▸ **Work to be completed**
Would you please give all the lines below again, exactly as they stand?

(Saved entries)
***

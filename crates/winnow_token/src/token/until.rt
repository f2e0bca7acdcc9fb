//! Takes up to a literal.
ghost use Rattle.parser_definitions.specs.Does.{Ran};
ghost use Rattle.parser_definitions.specs.TakeUntil.{TakeUntilDoes};
ghost use Rattle.stream_errors.specs.Form.{answer_by};
ghost use Rattle.stream_sets.specs.Range.{bounds_of};
ghost use Rattle.stream_sets.specs.declared.range.Range.{Range};
ghost use Rattle.winnow_token.specs.Before.{SaysAtLeast, SaysAtMost};

use stream_errors::parser_error::ParserError;
use stream_searches::find::FindSlice;
use stream_sets::range::Range;
use streams::needed::Needed;
use streams::stream::{Stream, StreamIsPartial};
use winnow_core::short::short;

/// Takes the input up to the first match of `literal`.
#[inline(always)]
pub(crate) fn take_before<T: Copy, I: StreamIsPartial + FindSlice<T>, E: ParserError<I>>(
    input: &mut I,
    occurrences: Range,
    literal: T,
) -> Result<I::Slice, E>
    ensures ran { Ran {S = Range × T} I.reading
        (TakeUntilDoes I.reading (λ x. I.sought x.1) (λ x. bounds_of x.0)) E.form
        (occurrences, literal) (I.view input.old) (answer_by E.kind result)
        (occurrences, literal) (I.view input.new) }
{
    let least = occurrences.start_inclusive;
    let greatest = occurrences.greatest();
    if greatest.unwrap_or(least) < least {
        return Err(E::assert(input, "the greatest count is below the least"));
    }
    match input.find_slice(literal) {
        None => Err(short(input, Needed::Unknown)),
        Some(range) => match greatest {
            None => {
                if least > 0 && range.start == 0 {
                    Err(E::from_input(input))
                } else {
                    Ok(input.next_slice(range.start))
                }
            }
            Some(greatest) => {
                if !is_at_least(input, least, range.start) {
                    Err(short(input, Needed::Unknown))
                } else if !is_at_most(input, greatest, range.start) {
                    Err(E::from_input(input))
                } else {
                    Ok(input.next_slice(range.start))
                }
            }
        },
    }
}

/// Returns whether at least `count` tokens precede `offset`, which is in units.
#[inline(always)]
fn is_at_least<I: Stream>(input: &I, count: usize, offset: usize) -> bool
    ensures { SaysAtLeast I.reading.units (I.view input.now).left.tokens count offset result }
{
    match input.offset_at(count) {
        Ok(end) => end <= offset,
        Err(_) => false,
    }
}

/// Returns whether at most `count` tokens precede `offset`, which is in units.
#[inline(always)]
fn is_at_most<I: Stream>(input: &I, count: usize, offset: usize) -> bool
    ensures { SaysAtMost I.reading.units (I.view input.now).left.tokens count offset result }
{
    match input.offset_at(count) {
        Ok(end) => offset <= end,
        Err(_) => true,
    }
}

***

▸ **Answer to this task**
filename crates/winnow_token/src/token/until.rt
repository f2e0bca7acdcc9fb
//! Takes up to a literal.
ghost use Rattle.parser_definitions.specs.Does.{Ran};
ghost use Rattle.parser_definitions.specs.TakeUntil.{TakeUntilDoes};
ghost use Rattle.stream_errors.specs.Form.{answer_by};
ghost use Rattle.stream_sets.specs.Range.{bounds_of};
ghost use Rattle.stream_sets.specs.declared.range.Range.{Range};
ghost use Rattle.winnow_token.specs.Before.{SaysAtLeast, SaysAtMost};

use stream_errors::parser_error::ParserError;
use stream_searches::find::FindSlice;
use stream_sets::range::Range;
use streams::needed::Needed;
use streams::stream::{Stream, StreamIsPartial};
use winnow_core::short::short;

/// Takes the input up to the first match of `literal`.
#[inline(always)]
pub(crate) fn take_before<T: Copy, I: StreamIsPartial + FindSlice<T>, E: ParserError<I>>(
    input: &mut I,
    occurrences: Range,
    literal: T,
) -> Result<I::Slice, E>
    ensures ran { Ran {S = Range × T} I.reading
        (TakeUntilDoes I.reading (λ x. I.sought x.1) (λ x. bounds_of x.0)) E.form
        (occurrences, literal) (I.view input.old) (answer_by E.kind result)
        (occurrences, literal) (I.view input.new) }
{
    let least = occurrences.start_inclusive;
    let greatest = occurrences.greatest();
    if greatest.unwrap_or(least) < least {
        return Err(E::assert(input, "the greatest count is below the least"));
    }
    match input.find_slice(literal) {
        None => Err(short(input, Needed::Unknown)),
        Some(range) => match greatest {
            None => {
                if least > 0 && range.start == 0 {
                    Err(E::from_input(input))
                } else {
                    Ok(input.next_slice(range.start))
                }
            }
            Some(greatest) => {
                if !is_at_least(input, least, range.start) {
                    Err(short(input, Needed::Unknown))
                } else if !is_at_most(input, greatest, range.start) {
                    Err(E::from_input(input))
                } else {
                    Ok(input.next_slice(range.start))
                }
            }
        },
    }
}

/// Returns whether at least `count` tokens precede `offset`, which is in units.
#[inline(always)]
fn is_at_least<I: Stream>(input: &I, count: usize, offset: usize) -> bool
    ensures { SaysAtLeast I.reading.units (I.view input.now).left.tokens count offset result }
{
    match input.offset_at(count) {
        Ok(end) => end <= offset,
        Err(_) => false,
    }
}

/// Returns whether at most `count` tokens precede `offset`, which is in units.
#[inline(always)]
fn is_at_most<I: Stream>(input: &I, count: usize, offset: usize) -> bool
    ensures { SaysAtMost I.reading.units (I.view input.now).left.tokens count offset result }
{
    match input.offset_at(count) {
        Ok(end) => offset <= end,
        Err(_) => true,
    }
}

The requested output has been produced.